The Impatience of Job: Reflections on Job 1:1, 2:1-10

Lectionary Reflections
Job 1:1, 2:1-10
October 7, 2012

Preachers now enter a four-week period where they can wrestle with the wiles of Job. Believe me, four weeks is not much time to find the measure of this timeless story. I wrote a 45o-page dissertation on the book nearly forty years ago, a book on the tale (published thirteen years ago), several obscure articles in equally obscure journals during the past thirty years, and I still am not fully aware of the richness and wonder and mystery to be found in its pages. Job challenges and awes its readers still some 2,500 years (or something like that) since its anonymous composition.
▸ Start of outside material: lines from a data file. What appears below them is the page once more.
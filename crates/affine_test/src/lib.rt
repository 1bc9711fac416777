// Whether the word in the front of the area is a first order codeword, level by level: each half of its places goes on as the one below it,
// or as its complement.
#![tactic(auto)]

ghost use Rattle.std.specs.Prelude.{true, ◌≡◌, ◌+◌, ◌%◌, ◌^◌, ◌≤◌, ◌<◌, ℕ, ℤ, length, nat_abs, FitsSigned};
ghost use Rattle.std.specs.Int.{w32};
ghost use Rattle.area.specs.Area.{at, Bits, IsBit, word_of};
ghost use Rattle.code.specs.Code.{codeword_test};
ghost use Rattle.code.specs.FirstOrder.{levels_test};
ghost use Rattle.code.specs.FirstOrder;
ghost use Rattle.affine_test.specs.Marks.{Marked, mark_at};
ghost use Rattle.affine_test.specs.MarkLaws.{low_bit, bit_fits};

// How a number stands for a bit.
pub trait Mark {
    ghost bit_of: { ℤ → ℕ };

    ghost Right: { ℤ → Type 0 };

    fn bit(x: i32) -> u32
        requires { Right x }
        ensures { result ≡ bit_of x };

    ghost low: { (x : ℤ) → Right x → bit_of x < 2 };

    ghost fits: { (x : ℤ) → Right x → FitsSigned w32 x };
}

// The number is the bit.
struct Plain;

impl Mark for Plain {
    ghost bit_of = { nat_abs };

    ghost Right = { IsBit };

    ghost low = { low_bit };

    ghost fits = { bit_fits };

    fn bit(x: i32) -> u32 {
        x as u32
    }
}

// The bits at the places i and j, added.
pub fn added<M: Mark>(i: usize, j: usize, area: &[i32]) -> u32
    requires first { (i < length area.now) × M.Right (at area.now i) }
    requires second { (j < length area.now) × M.Right (at area.now j) }
    ensures { result ≡ (mark_at M.bit_of area.now i + mark_at M.bit_of area.now j) % 2 }
{
    M::bit(area[i]) ^ M::bit(area[j])
}

// Whether the places h to 2h - 1 are the first h with one bit added to all.
fn repeats<M: Mark>(h: usize, area: &[i32]) -> bool
    requires { (0 < h) × Marked M.Right (h + h) area.now }
    ensures { result ≡ Rattle.code.specs.FirstOrder.repeats (mark_at M.bit_of area.now) h }
{
    let t = added::<M>(0, h, area);
    let mut same = true;
    for i in 0..h {
        same = same & (added::<M>(i, h + i, area) == t);
    }
    same
}

// The levels of the first eight places. One test of all of them is seldom passed by a word that is no codeword, so that the processor
// foresees it.
pub fn first_levels<M: Mark>(area: &[i32]) -> bool
    requires { Marked M.Right 8 area.now }
    ensures { result ≡ levels_test 3 (mark_at M.bit_of area.now) }
{
    repeats::<M>(1, area) & repeats::<M>(2, area) & repeats::<M>(4, area)
}

// The levels from `first` on, where those below pass.
pub fn levels_from<M: Mark>(first: usize, m: usize, area: &[i32]) -> bool
    requires first_le_m { (first ≤ m) × (m ≤ 10) × Marked M.Right (2 ^ m) area.now }
    requires area_value { levels_test first (mark_at M.bit_of area.now) ≡ true }
    ensures { result ≡ levels_test m (mark_at M.bit_of area.now) }
{
    for k in first..m {
        if !repeats::<M>(words::size(k), area) {
            return false;
        }
    }
    true
}

// Whether the word is a first order codeword.
pub fn is_affine(m: usize, area: &[i32]) -> bool
    requires { (m ≤ 10) × Bits (2 ^ m) area.now }
    ensures { result ≡ codeword_test m 1 (word_of (2 ^ m) area.now) }
{
    if m < 3 {
        return levels_from::<Plain>(0, m, area);
    }
    if !first_levels::<Plain>(area) {
        return false;
    }
    levels_from::<Plain>(3, m, area)
}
No preacher can begin to preach from the thing until she gets an understanding for herself of the whole story. Note I did not say "the" understanding, because there are nearly as many understandings of the story as there are readers of it. In my own forty-plus years with this text, I have heard it interpreted in at least four different and quite irreconcilable ways. My readings do not begin to exhaust the ways it can be read; just go to any good theological library to witness the vast store of interpretations to see what I mean. In the next four weeks, I will try to offer very briefly how I am currently hearing the tale. It is important to remember that if I were to write some interpretations next year, they would probably be quite different. That is the way with great literature; it provides depths that no one and no group can ever finally plumb.
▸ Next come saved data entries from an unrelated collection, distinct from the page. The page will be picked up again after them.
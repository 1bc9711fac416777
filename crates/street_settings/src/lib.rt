// The settings of a street, from the arguments of a program: numbers in decimal, and one word.
#![tactic(auto)]

ghost use Rattle.std.specs.Prelude.{◌≡◌, true, ◌<◌, length};
ghost use Rattle.std.specs.List.{list_all};
ghost use Rattle.street_settings.specs.Settings.{all_digits, asked, defaults, is_digit, kept32, number_in, value_of, with_number};

// What a planner tries: the profile, the wrong places asked in a block, the meters, their retries, the load's start; and whether the summary
// alone is to be printed.
#[derive(Clone, Copy, Debug, PartialEq, Eq)]
pub struct Settings {
    pub profile: usize,
    pub wrong: usize,
    pub meters: usize,
    pub retries: usize,
    pub start: u32,
    pub summary: bool,
}

// What the arguments so far ask, and how many of them were numbers.
#[derive(Clone, Copy, Debug, PartialEq, Eq)]
pub struct Asked {
    pub settings: Settings,
    pub numbers: usize,
}

// Why an argument says nothing.
#[derive(Clone, Copy, Debug, PartialEq, Eq)]
pub enum Bad {
    NotNumber,
    TooMany,
}

// Before the first argument.
pub fn begin() -> Asked
    ensures { result ≡ record { settings = defaults; numbers = 0 } }
{
    Asked {
        settings: Settings {
            profile: 1,
            wrong: 3,
            meters: 100,
            retries: 3,
            start: 1,
            summary: false,
        },
        numbers: 0,
    }
}

fn is_digit(b: u8) -> bool
    ensures { result ≡ is_digit b }
{
    if b < 48 {
        return false;
    }
    b < 58
}

fn all_digits(s: &[u8]) -> bool
    ensures { result ≡ list_all is_digit s.now }
{
    s.iter().all(|b| is_digit(*b))
}

// The number that digits say, where it is below 2^32.
fn value(s: &[u8]) -> Option<u32>
    requires { all_digits s.now ≡ true }
    ensures { result ≡ kept32 (value_of s.now (length s.now)) }
{
    let mut v = 0u32;
    for b in s {
        v = v.checked_mul(10)?.checked_add(u32::from(*b - 48))?;
    }
    Some(v)
}

fn read_number(s: &[u8]) -> Option<u32>
    ensures { result ≡ number_in s.now }
{
    if s.len() == 0 {
        return None;
    }
    if !all_digits(s) {
        return None;
    }
    value(s)
}

// The settings with this number in its place, which is how many numbers stood before it.
fn with_number(s: Settings, place: usize, v: u32) -> Settings
    requires { place < 5 }
    ensures { result ≡ with_number s place v }
{
    match place {
        0 => Settings {
            profile: v as usize,
            ..s
        },
        1 => Settings {
            wrong: v as usize,
            ..s
        },
        2 => Settings {
            meters: v as usize,
            ..s
        },
        3 => Settings {
            retries: v as usize,
            ..s
        },
        _ => Settings { start: v, ..s },
    }
}

// What the arguments ask with this one after those so far.
pub fn take(so_far: Asked, text: &[u8]) -> Result<Asked, Bad>
    ensures { result ≡ asked so_far text.now }
{
    let s = so_far.settings;
    if text == b"summary".as_slice() {
        return Ok(Asked {
            settings: Settings { summary: true, ..s },
            ..so_far
        });
    }
    let v = read_number(text).ok_or(Bad::NotNumber)?;
    if 4 < so_far.numbers {
        return Err(Bad::TooMany);
    }
    Ok(Asked {
        settings: with_number(s, so_far.numbers, v),
        numbers: so_far.numbers + 1,
    })
}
But we can quickly agree on one thing: Job is definitely not patient, despite the old saw that continues to make the churchly rounds. Any cursory reading of the forty-two-chapter story can readily see that fully forty of those chapters present a Job who is a furious, wise-cracking blasphemer who is only made to alter his cracked view of the world after being made to see a God whom he never could have imagined. As I will try to demonstrate in the next three weeks, the mere fact of his confrontation with this God is not the significant event of the book; rather the nature of that God who shows up in the storm is what counts. But I think the beginning of the portrayal of the impatient Job is to be found in the text we have for today.

The prologue of the book (chaps. 1-2) along with the epilogue (42:7-17) have long been seen as another story of the pious Job, adapted by the great poets of chapters 3-42:6 as bookends of their story. The prologue and epilogue are written in a prose that closely resembles writing from, for example, the book of Genesis. This has led many scholars to claim that this prose material is older than the poetry by some centuries. That may well be true, but the important thing for modern readers is the necessity of understanding the story as a whole; just how does the prologue serve the poet in the story that is about to unfold? Though more than a few scholars have claimed that the two stories of the prologue/epilogue and the long poem in between are irreconcilable, I do not agree.
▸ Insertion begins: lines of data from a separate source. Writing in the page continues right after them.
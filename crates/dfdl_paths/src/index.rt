// The places of elements among those of their names.
ghost use Rattle.std.specs.Prelude.{◌≡◌, ◌<◌, ◌^◌, ◌&&◌, ℕ, length, option_map, true};
ghost use Rattle.dfdl_expressions.specs.declared.path.Step.TheVariants.{Down};
ghost use Rattle.dfdl_paths.specs.declared.place.Place.{Place as PlaceOf};
ghost use Rattle.dfdl_paths.specs.Elements.{around, place_among};
ghost use Rattle.dfdl_paths.specs.Leads.{after, only_at};

use super::place::Place;
use super::tree::{around, inside_of, is_child, one_if};
use dfdl_region::Node;
use dfdl_terms::NameNumbers;

/// The place of an element, counted from 1, among those of a name that stand where it stands.
pub(crate) fn place_among(names: &NameNumbers, nodes: &[Node], name: u32, number: u32) -> u64
    requires few { length nodes.now < 2 ^ 32 }
    requires there { number < length nodes.now }
    ensures { result ≡ place_among names.now nodes.now name number }
{
    let outer = around(nodes, number);
    let mut place = 0;
    for other in inside_of(nodes, outer).from..number + 1 {
        place += one_if(is_child(names, nodes, name, outer, other));
    }
    place
}

/// The element that has a place, counted from 1, among those of a name that stand at another place.
pub(crate) fn child_at(
    names: &NameNumbers,
    nodes: &[Node],
    outer: Place,
    name: u32,
    index: u64,
) -> Option<Place>
    requires few { length nodes.now < 2 ^ 32 }
    ensures { (q : PlaceOf) → after names.now nodes.now (Down name true) index (only_at (Some outer)) q ≡ only_at result q }
{
    let span = inside_of(nodes, outer);
    let mut seen = 0;
    for number in span.from..span.end {
        if is_child(names, nodes, name, outer, number) {
            seen += 1;
            if seen == index {
                return Some(Place::At(number));
            }
        }
    }
    None
}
The tale starts with a stark claim: "A man there was in the land of Uz; Job was his name. That man was perfectly upright, fearing God and turning away from evil" (Job 1:1). In the very first line we, the readers, know a great deal about the hero of the story. He is above all an absolutely righteous man, characterized as the paragon of what it means to be superbly and appropriately religious in his time. Four features of this man make the claim. He is, as I have read it, "perfectly upright," my translation of two Hebrew words that often mean "blameless" and "upright" in the sense of "standing straight in the truth." When one looks at such a person, one sees a model to be emulated in every way.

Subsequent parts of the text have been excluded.